Military Review: Prison Abuse Not Widespread
This article is from the archive of The New York Sun before the launch of its new website in 2022. The Sun has neither altered nor updated such articles but will seek to correct any errors, mis-categorizations or other problems introduced during transfer.
WASHINGTON – A military self-examination of allegations that medical personnel mistreated prisoners found a few instances of abuse but no widespread problems, the Army’s surgeon general said yesterday.
Lieutenant General Kevin Kiley’s findings were based on surveys and interviews with roughly 1,000 medical personnel who were associated with the care of detainees in Iraq, Afghanistan, and Guantanamo Bay, Cuba. He said his survey did not include the detainees themselves, or personnel affiliated with the Red Cross or other organizations.
Of the medical personnel surveyed, 32 said they witnessed abuse of prisoners.
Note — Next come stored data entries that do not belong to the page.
impl WillRef<'_> {
    /// Writes the fields at the end.
    #[inline(always)]
    #[tactic(auto, using(std::proofs::lemmas::List::append_assoc, crate::proofs::parts_lemmas::Fronts::begins_same, crate::proofs::parts_lemmas::Fronts::begins_less))]
    fn push(&self, out: &mut Vec<u8>) -> Result<(), AllocError>
        requires { FitsWill (will_of self.now) }
        ensures ok { OnOk result (out.new.items ≡ out.old.items ++ will_field (will_of self.now)) }
        ensures front { OnErr result (KeepsFront out.old.items out.new.items) }
    {
        self.properties.push_block(out)?;
        blob_push(out, self.topic.as_bytes())?;
        blob_push(out, self.payload)
    }

    /// How many bytes the fields take.
    #[inline(always)]
    fn len(&self) -> usize
        requires { FitsWill (will_of self.now) }
        ensures value { result ≡ length (will_field (will_of self.now)) }
        ensures bound { result < 2 ^ 30 }
    {
        self.properties.block_len() + (2 + self.topic.len() + (2 + self.payload.len()))
    }

    /// An owned copy.
    #[inline(never)]
    fn to_will(&self, alloc: Global) -> Result<Will, AllocError>
        requires { FitsWill (will_of self.now) }
        ensures { IfOk result (λ w. w ≡ will_of self.now) }
    {
        let topic = Text::new(alloc, self.topic)?;
        let (topic, payload) = both(topic, Blob::new(alloc, self.payload))?;
        let properties = self.properties.to_list(alloc);
        let ((topic, payload), properties) = both((topic, payload), properties)?;
        Ok(Will {
            qos: self.qos,
            retain: self.retain,
            properties,
            topic,
            payload,
        })
    }
}

impl Will {
    /// The same, lent.
    #[inline(always)]
    fn lend(&self) -> WillRef<'_>
        ensures { will_of result ≡ self.now }
    {
        WillRef {
            qos: self.qos,
            retain: self.retain,
            properties: self.properties.lend(),
            topic: self.topic.as_str(),
            payload: self.payload.as_slice(),
        }
    }

    /// Whether its parts have a spelling.
    #[inline(always)]
    fn fits(&self) -> bool
        ensures { IsTrue result ↔ FitsWill self.now }
    {
        // These show that the topic and the payload have a spelling.
        let _ = self.topic.as_str();
        let _ = self.payload.as_slice();
        stands(&self.properties.lend(), Place::Will)
    }
}

/// Writes the Will's fields at the end, if there is one.
#[inline(always)]
#[tactic(auto, using(crate::proofs::parts_lemmas::Fronts::begins_same, crate::proofs::parts_lemmas::Fronts::begins_less))]
fn will_push(out: &mut Vec<u8>, will: &Option<WillRef<'_>>) -> Result<(), AllocError>
    requires { FitsOptional FitsWill (option_map will_of will.now) }
    ensures ok { OnOk result (out.new.items ≡ out.old.items ++ optional will_field (option_map will_of will.now)) }
    ensures front { OnErr result (KeepsFront out.old.items out.new.items) }
{
    match will {
        Some(will) => will.push(out),
        None => Ok(()),
    }
}

/// Writes a text or binary data at the end, if there is any.
#[inline(always)]
#[tactic(auto, using(crate::proofs::parts_lemmas::Fronts::begins_same, crate::proofs::parts_lemmas::Fronts::begins_less))]
fn blob_push_some(out: &mut Vec<u8>, bytes: Option<&[u8]>) -> Result<(), AllocError>
    requires { FitsOptional (λ b. length b < 2 ^ 16) (option_map (λ b. b.now) bytes) }
    ensures ok { OnOk result (out.new.items ≡ out.old.items ++ optional blob (option_map (λ b. b.now) bytes.entry)) }
    ensures front { OnErr result (KeepsFront out.old.items out.new.items) }
{
    match bytes {
        Some(bytes) => blob_push(out, bytes),
        None => Ok(()),
    }
}

#[inline(always)]
fn will_flags_of(will: &Option<WillRef<'_>>) -> Option<WillFlags>
    ensures { result ≡ option_map will_flags_of (option_map will_of will.now) }
{
    match will {
        Some(will) => Some(WillFlags {
            qos: will.qos,
            retain: will.retain,
        }),
        None => None,
    }
}

/// An owned copy of a text, if there is one.
#[inline(always)]
fn to_text(alloc: Global, text: Option<&str>) -> Result<Option<Text>, AllocError>
    requires { FitsOptional FitsText (option_map (λ t. t.now) text) }
    ensures { IfOk result (λ copy. copy ≡ option_map (λ t. t.now) text.entry) }
{
    match text {
        Some(text) => Text::new(alloc, text).map(Some),
        None => Ok(None),
    }
}

/// An owned copy of binary data, if there is any.
#[inline(always)]
fn to_blob(alloc: Global, bytes: Option<&[u8]>) -> Result<Option<Blob>, AllocError>
    requires { FitsOptional (λ b. length b < 2 ^ 16) (option_map (λ b. b.now) bytes) }
    ensures { IfOk result (λ copy. copy ≡ option_map (λ b. b.now) bytes.entry) }
{
    match bytes {
        Some(bytes) => Blob::new(alloc, bytes).map(Some),
        None => Ok(None),
    }
}

/// An owned copy of the Will, if there is one.
#[inline(always)]
fn to_will(alloc: Global, will: &Option<WillRef<'_>>) -> Result<Option<Will>, AllocError>
    requires { FitsOptional FitsWill (option_map will_of will.now) }
    ensures { IfOk result (λ copy. copy ≡ option_map will_of will.now) }
{
    match will {
        Some(will) => will.to_will(alloc).map(Some),
        None => Ok(None),
    }
}

impl ConnectRef<'_> {
    #[inline(always)]
    fn flags(&self) -> Flags
        ensures { result ≡ flags_of_connect (connect_of self.now) }
    {
        Flags {
            clean_start: self.clean_start,
            will: will_flags_of(&self.will),
            user_name: self.user_name.is_some(),
            password: self.password.is_some(),
        }
    }

    /// Whether its blocks keep their laws (2.2.2). Takes no memory.
    #[inline(always)]
    pub fn is_lawful(&self) -> bool
        ensures { result ≡ lawful_connect (connect_of self.now) }
    {
        self.properties.is_lawful(Place::Connect)
            && match &self.will {
                Some(will) => will.properties.is_lawful(Place::Will),
                None => true,
            }
    }

    /// Writes the body (3.1.2, 3.1.3) at the end; want of memory is its only refusal.
    #[inline(always)]
    #[tactic(auto, using(std::proofs::lemmas::List::append_assoc, crate::proofs::parts_lemmas::Fronts::begins_same, crate::proofs::parts_lemmas::Fronts::begins_less))]
    pub fn push(&self, out: &mut Vec<u8>) -> Result<(), AllocError>
        requires { FitsConnect (connect_of self.now) }
        ensures ok { OnOk result (out.new.items ≡ out.old.items ++ connect_body (connect_of self.now)) }
        ensures front { OnErr result (KeepsFront out.old.items out.new.items) }
    {
        blob_push(out, b"MQTT")?;
        out.push(5)?;
        out.push(self.flags().byte())?;
        self.push_fields(out)
    }

    /// Writes what follows the flags at the end.
    #[inline(always)]
    #[tactic(auto, using(std::proofs::lemmas::List::append_assoc, crate::proofs::parts_lemmas::Fronts::begins_same, crate::proofs::parts_lemmas::Fronts::begins_less))]
    fn push_fields(&self, out: &mut Vec<u8>) -> Result<(), AllocError>
        requires { FitsConnect (connect_of self.now) }
        ensures ok { OnOk result (out.new.items ≡ out.old.items ++ connect_fields (connect_of self.now)) }
        ensures front { OnErr result (KeepsFront out.old.items out.new.items) }
    {
        u16_push(out, self.keep_alive)?;
        self.properties.push_block(out)?;
        self.push_payload(out)
    }

    /// Writes the payload at the end.
    #[inline(always)]
    #[tactic(auto, using(std::proofs::lemmas::List::append_assoc, crate::proofs::parts_lemmas::Fronts::begins_same, crate::proofs::parts_lemmas::Fronts::begins_less))]
    fn push_payload(&self, out: &mut Vec<u8>) -> Result<(), AllocError>
        requires { FitsConnect (connect_of self.now) }
        ensures ok { OnOk result (out.new.items ≡ out.old.items ++ connect_payload (connect_of self.now)) }
        ensures front { OnErr result (KeepsFront out.old.items out.new.items) }
    {
        blob_push(out, self.client_identifier.as_bytes())?;
        will_push(out, &self.will)?;
        text_push_some(out, self.user_name)?;
        blob_push_some(out, self.password)
    }

    /// How many bytes the body takes. Takes no memory.
    #[inline(always)]
    pub fn len(&self) -> usize
        requires { FitsConnect (connect_of self.now) }
        ensures value { result ≡ length (connect_body (connect_of self.now)) }
        ensures bound { result < 2 ^ 31 }
    {
        let will = match &self.will {
            Some(will) => will.len(),
            None => 0,
        };
        let user_name = match self.user_name {
            Some(name) => 2 + name.len(),
            None => 0,
        };
        let password = match self.password {
            Some(password) => 2 + password.len(),
            None => 0,
        };
        10 + (self.properties.block_len()
            + (2 + self.client_identifier.len() + (will + (user_name + password))))
    }

    /// An owned copy; want of memory is its only refusal.
    #[inline(never)]
    pub fn to_connect(&self, alloc: Global) -> Result<Connect, AllocError>
        requires { FitsConnect (connect_of self.now) }
        ensures { IfOk result (λ c. c ≡ connect_of self.now) }
    {
        let client_identifier = Text::new(alloc, self.client_identifier)?;
        let names = both(client_identifier, to_text(alloc, self.user_name))?;
        let secrets = both(names, to_blob(alloc, self.password))?;
        let properties = both(secrets, self.properties.to_list(alloc))?;
        let all = both(properties, to_will(alloc, &self.will))?;
        let ((((client_identifier, user_name), password), properties), will) = all;
        Ok(Connect {
            clean_start: self.clean_start,
            keep_alive: self.keep_alive,
            properties,
            client_identifier,
            will,
            user_name,
            password,
        })
    }
}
All but six said they reported the abuse to criminal investigators or their chain of command; the others said the problem was dealt with “on the spot.”
Less than a dozen of the incidents involved possible mistreatment allegedly committed by other medical personnel, General Kiley told reporters at the Pentagon after briefing some members of Congress on his findings.
These included medics dropping a stretcher-bound prisoner from too great a height, delaying the administration of pain medication, and slapping a violent prisoner, he said.
“The majority of medical personnel did not observe abuse,” General Kiley said. “We found no evidence of systemic problems in detainee medical care.”
He said he could not verify allegations published in the medical journal the Lancet that doctors or medics falsified death certificates to cover up homicides, hid evidence of beatings, and revived a prisoner so he could be tortured further.
General Kiley said he found problems in medical record-keeping and some vague policies, but said those were being corrected and that detainee medical care has generally been good.
More than 100 prisoners have died while in American custody, according to the military.
General Kiley’s “assessment” – the Pentagon denied it was an investigation – is the latest into some aspect of prisoner-abuse allegations that have surfaced since the abuses at Abu Ghraib became public knowledge last year.
Most of the alleged abuses of prisoners in Iraq, Afghanistan, and Guantanamo Bay, Cuba, have been blamed on military police, interrogators, or troops fresh from combat, but a few have involved doctors and medics.
At Abu Ghraib prison in Iraq, two Army medics said they knew about abuses of prisoners there but failed to report them, according to the military’s investigation there. General Kiley was not asked how they fit into his numbers.
Watchdogs have raised concerns about doctors’ violating medical ethics by pointing out prisoners’ weaknesses to interrogators.
General Kiley said the work of these doctors is appropriate as long as they do not serve as caregivers to the detainees and their advice is safe, legal, and ethical. He would not rule out the possibility that their work may include advice to interrogators on methods to increase the stress on a subject.